[Saved entries]
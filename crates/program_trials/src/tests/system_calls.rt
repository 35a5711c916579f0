//! Each system call once, its cost, and its refusals.
use data_parts::Parts;
use sbpf_memory::{AccessViolation, Memory};
use sol_base::{Blob, Items, Key, OutOfMemory};
use std::alloc::Global;
use std::sync::Arc;
use std::test::Fail;
use sys_calls::{Env, SysFault, serve};
use tx_report::Logs;

const PROGRAM: u64 = 0x1_0000_0000;

const HEAP: u64 = 0x3_0000_0000;

/// A memory whose program is five letters and a byte that is no text, with 8,192 bytes of heap.
#[tactic(auto, unfolding(data_parts::specs::Parts::bytes_of))]
fn small_memory(alloc: Global) -> Result<Memory, OutOfMemory> {
    let image = Arc::new(alloc, Blob::from_slice(alloc, b"hello\xff")?)?;
    let input = Parts::from_items(alloc, Items::new(alloc))?;
    Memory::new(alloc, image, 8192, input)
}

/// What a call looks at and changes.
#[derive(Drop)]
struct State {
    memory: Memory,
    env: Env,
}

/// Surroundings with so many units, in which three bytes were returned.
fn env_with(alloc: Global, units: u64) -> Result<Env, OutOfMemory> {
    Ok(Env {
        slot: 0x0102,
        program: Key([7; 32]),
        height: 3,
        units,
        returned: Blob::from_slice(alloc, &[1, 2, 3])?,
        returned_by: Key([9; 32]),
        logs: Logs::new(alloc),
    })
}

fn state_with(alloc: Global, units: u64) -> Result<State, OutOfMemory> {
    let memory = small_memory(alloc)?;
    let env = env_with(alloc, units)?;
    Ok(State { memory, env })
}

/// What a call of a number from 1 to 16 returns; the tests need nothing of its contract.
fn call(
    alloc: Global,
    number: u32,
    arguments: [u64; 5],
    state: &mut State,
) -> Result<u64, SysFault> {
    if number < 1 || number > 16 {
        return Err(SysFault::OutOfMemory);
    }
    serve(alloc, number, arguments, &mut state.memory, &mut state.env)
}

/// Each call at the edge of what it allows: its number and arguments, what it costs in all, and its
/// answer.
const EDGES: [(u32, [u64; 5], u64, Result<u64, SysFault>); 27] = [
    (1, [0; 5], 100, Err(SysFault::Abort)),
    (2, [PROGRAM, 5, 0, 0, 0], 100, Ok(0)),
    (2, [HEAP, 101, 0, 0, 0], 101, Ok(0)),
    (2, [PROGRAM + 5, 1, 0, 0, 0], 100, Err(SysFault::BadText)),
    (
        2,
        [PROGRAM + 5, 2, 0, 0, 0],
        100,
        Err(SysFault::AccessViolation(AccessViolation {
            addr: PROGRAM + 5,
            len: 2,
            write: false,
        })),
    ),
    (3, [1, 2, 3, 4, 5], 100, Ok(0)),
    (4, [HEAP + 8160, 0, 0, 0, 0], 100, Ok(0)),
    (5, [0; 5], 100, Ok(0)),
    (6, [0, 0, HEAP, 0, 0], 85, Ok(0)),
    (
        6,
        [HEAP, 20_001, HEAP, 0, 0],
        85,
        Err(SysFault::TooManySlices),
    ),
    // three slices of nothing at address 0
    (6, [HEAP, 3, HEAP, 0, 0], 115, Ok(0)),
    (7, [HEAP, HEAP + 2750, 2750, 0, 0], 11, Ok(0)),
    (
        7,
        [HEAP, HEAP + 2498, 2499, 0, 0],
        10,
        Err(SysFault::Overlap),
    ),
    // the accesses are tested before the ranges
    (
        7,
        [PROGRAM, PROGRAM, 6, 0, 0],
        10,
        Err(SysFault::AccessViolation(AccessViolation {
            addr: PROGRAM,
            len: 6,
            write: true,
        })),
    ),
    (8, [HEAP, HEAP + 1, 8191, 0, 0], 32, Ok(0)),
    (9, [PROGRAM, PROGRAM + 1, 5, HEAP, 0], 10, Ok(0)),
    (
        9,
        [PROGRAM, PROGRAM + 1, 6, HEAP, 0],
        10,
        Err(SysFault::AccessViolation(AccessViolation {
            addr: PROGRAM + 1,
            len: 6,
            write: false,
        })),
    ),
    (10, [HEAP, 0x1ff, 8192, 0, 0], 32, Ok(0)),
    (
        10,
        [HEAP, 0, 8193, 0, 0],
        32,
        Err(SysFault::AccessViolation(AccessViolation {
            addr: HEAP,
            len: 8193,
            write: true,
        })),
    ),
    (11, [0, 0, HEAP, HEAP, 0], 1500, Ok(0)),
    (
        11,
        [HEAP, 17, HEAP, HEAP, 0],
        1500,
        Err(SysFault::TooManySeeds),
    ),
    (12, [HEAP + 8184, 0, 0, 0, 0], 108, Ok(0)),
    (13, [HEAP + 8176, 0, 0, 0, 0], 116, Ok(0)),
    (14, [HEAP, 1024, 0, 0, 0], 104, Ok(0)),
    (14, [HEAP, 1025, 0, 0, 0], 104, Err(SysFault::ReturnTooLong)),
    (15, [HEAP, 1, HEAP + 8160, 0, 0], 100, Ok(3)),
    (16, [0; 5], 100, Ok(3)),
];

/// Whether a call with so many units returns so, and leaves none.
fn leaves_none(
    alloc: Global,
    number: u32,
    arguments: [u64; 5],
    units: u64,
    answer: Result<u64, SysFault>,
) -> Result<bool, OutOfMemory> {
    let mut state = state_with(alloc, units)?;
    Ok(call(alloc, number, arguments, &mut state) == answer && state.env.units == 0)
}

/// Whether a call takes its cost in all, and one unit less refuses it.
fn takes_cost(
    alloc: Global,
    number: u32,
    arguments: [u64; 5],
    cost: u64,
    answer: Result<u64, SysFault>,
) -> Result<bool, OutOfMemory> {
    let poor = Err(SysFault::UnitsSpent);
    Ok(
        leaves_none(alloc, number, arguments, cost, answer)?
            && leaves_none(alloc, number, arguments, cost.saturating_sub(1), poor)?,
    )
}

#[test]
fn calls_take_their_cost(rt: HostRuntime) -> Result<(), Fail> {
    for (number, arguments, cost, answer) in &EDGES {
        assert!(rt; takes_cost(rt.alloc(), *number, *arguments, *cost, *answer)?);
    }
    Ok(())
}

/// The calls that log, with their lines.
const LINES: [(u32, [u64; 5], &str); 5] = [
    (2, [PROGRAM, 5, 0, 0, 0], "Program log: hello"),
    (
        3,
        [0, 10, 255, 0x1_0000_0000, u64::MAX],
        "Program log: 0x0, 0xa, 0xff, 0x100000000, 0xffffffffffffffff",
    ),
    (
        4,
        [HEAP, 0, 0, 0, 0],
        "Program log: 0000000000000000000000000000000000000000000000000000000000000000",
    ),
    (5, [0; 5], "Program consumption: 900 units remaining"),
    (2, [PROGRAM, 0, 0, 0, 0], "Program log: "),
];

/// Whether the line is there alone.
fn is_only(logs: &Logs, line: &str) -> bool {
    match logs.lines() {
        [only] => only.as_slice() == line.as_bytes(),
        _ => false,
    }
}

/// Whether a call returns 0 and logs the line.
fn logs(alloc: Global, number: u32, arguments: [u64; 5], line: &str) -> Result<bool, OutOfMemory> {
    let mut state = state_with(alloc, 1000)?;
    Ok(call(alloc, number, arguments, &mut state) == Ok(0) && is_only(&state.env.logs, line))
}

#[test]
fn lines_are_logged(rt: HostRuntime) -> Result<(), Fail> {
    for (number, arguments, line) in &LINES {
        assert!(rt; logs(rt.alloc(), *number, *arguments, line)?);
    }
    Ok(())
}

/// What calls write at the heap's start.
const WRITTEN: [(u32, [u64; 5], &[u8]); 6] = [
    (
        6,
        [0, 0, HEAP, 0, 0],
        b"\xe3\xb0\xc4\x42\x98\xfc\x1c\x14\x9a\xfb\xf4\xc8\x99\x6f\xb9\x24\x27\xae\x41\xe4\x64\x9b\x93\x4c\xa4\x95\x99\x1b\x78\x52\xb8\x55",
    ),
    (7, [HEAP, PROGRAM, 6, 0, 0], b"hello\xff"),
    // e from h
    (
        9,
        [PROGRAM + 1, PROGRAM, 4, HEAP, 0],
        &[0xfd, 0xff, 0xff, 0xff],
    ),
    (10, [HEAP, 0x1fe, 2, 0, 0], &[0xfe, 0xfe, 0]),
    (12, [HEAP, 0, 0, 0, 0], &[2, 1, 0, 0, 0, 0, 0, 0]),
    (
        13,
        [HEAP, 0, 0, 0, 0],
        &[0x98, 0x0d, 0, 0, 0, 0, 0, 0, 2, 0, 0, 0, 0, 0, 0, 0],
    ),
];

/// Whether the bytes, at most 32, are at an address.
fn stands(memory: &Memory, addr: u64, bytes: &[u8]) -> bool {
    let mut found = [0; 32];
    match memory.read(addr, &mut found) {
        Ok(()) => found.starts_with(bytes),
        Err(_) => false,
    }
}

/// Whether a call returns 0 and writes these bytes at the heap's start.
fn writes(
    alloc: Global,
    number: u32,
    arguments: [u64; 5],
    written: &[u8],
) -> Result<bool, OutOfMemory> {
    let mut state = state_with(alloc, 2000)?;
    Ok(call(alloc, number, arguments, &mut state) == Ok(0) && stands(&state.memory, HEAP, written))
}

#[test]
fn bytes_are_written(rt: HostRuntime) -> Result<(), Fail> {
    for (number, arguments, written) in &WRITTEN {
        assert!(rt; writes(rt.alloc(), *number, *arguments, written)?);
    }
    Ok(())
}

/// The key of the seed `hello` and a program of zeros.
const HELLO: [u8; 32] = [
    0x26, 0xfe, 0x4c, 0xf8, 0x82, 0xe3, 0xea, 0x98, 0x90, 0x81, 0x40, 0xf1, 0xf5, 0xbe, 0x34, 0x9a,
    0x36, 0x02, 0xa4, 0x89, 0xde, 0xd6, 0x62, 0xcf, 0xe6, 0x62, 0xcf, 0xb6, 0x7b, 0xca, 0xa1, 0x62,
];

/// A state with a seed at the heap's start, which the program begins with and which is so long.
fn seeded(alloc: Global, length: u64) -> Result<State, SysFault> {
    let mut state = state_with(alloc, 2000)?;
    state.memory.store(HEAP, 8, PROGRAM)?;
    state.memory.store(HEAP + 8, 8, length)?;
    Ok(state)
}

/// Whether the derivation of a key from that seed and a program of zeros returns so, and whether
/// this key is then written.
fn derives(alloc: Global, length: u64, answer: u64, key: &[u8; 32]) -> Result<bool, SysFault> {
    let mut state = seeded(alloc, length)?;
    let arguments = [HEAP, 1, HEAP + 64, HEAP + 128, 0];
    Ok(
        call(alloc, 11, arguments, &mut state) == Ok(answer)
            && stands(&state.memory, HEAP + 128, key),
    )
}

#[test]
fn a_key_is_derived_from_seeds(rt: HostRuntime) -> Result<(), Fail> {
    assert!(rt; derives(rt.alloc(), 5, 0, &HELLO)?);
    assert!(rt; derives(rt.alloc(), 33, 1, &[0; 32])?);
    Ok(())
}

/// Whether a call that hands out the returned bytes returns so, and these are at the heap's start.
fn hands_out(
    alloc: Global,
    arguments: [u64; 5],
    answer: Result<u64, SysFault>,
    bytes: &[u8; 32],
) -> Result<bool, OutOfMemory> {
    let mut state = state_with(alloc, 1000)?;
    Ok(call(alloc, 15, arguments, &mut state) == answer && stands(&state.memory, HEAP, bytes))
}

#[test]
fn returned_bytes_are_handed_out(rt: HostRuntime) -> Result<(), Fail> {
    // nothing is written where either range is refused
    let refused = Err(SysFault::AccessViolation(AccessViolation {
        addr: PROGRAM,
        len: 32,
        write: true,
    }));
    assert!(rt; hands_out(rt.alloc(), [HEAP, 3, PROGRAM, 0, 0], refused, &[0; 32])?);
    // with no room for bytes the key is written
    assert!(rt; hands_out(rt.alloc(), [0, 0, HEAP, 0, 0], Ok(3), &[9; 32])?);
    Ok(())
}

/// Whether a call keeps two letters, and the key of the program that returned them.
fn keeps_letters(alloc: Global) -> Result<bool, OutOfMemory> {
    let mut state = state_with(alloc, 1000)?;
    Ok(
        call(alloc, 14, [PROGRAM, 2, 0, 0, 0], &mut state) == Ok(0)
            && state.env.returned.as_slice() == b"he".as_slice()
            && state.env.returned_by == Key([7; 32]),
    )
}

#[test]
fn returned_bytes_are_kept(rt: HostRuntime) -> Result<(), Fail> {
    assert!(rt; keeps_letters(rt.alloc())?);
    Ok(())
}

### WHAT NEEDS TO BE DONE
All lines holding the word "poor" must be copied from the data.

### ANSWER
    let poor = Err(SysFault::UnitsSpent);
            && leaves_none(alloc, number, arguments, cost.saturating_sub(1), poor)?,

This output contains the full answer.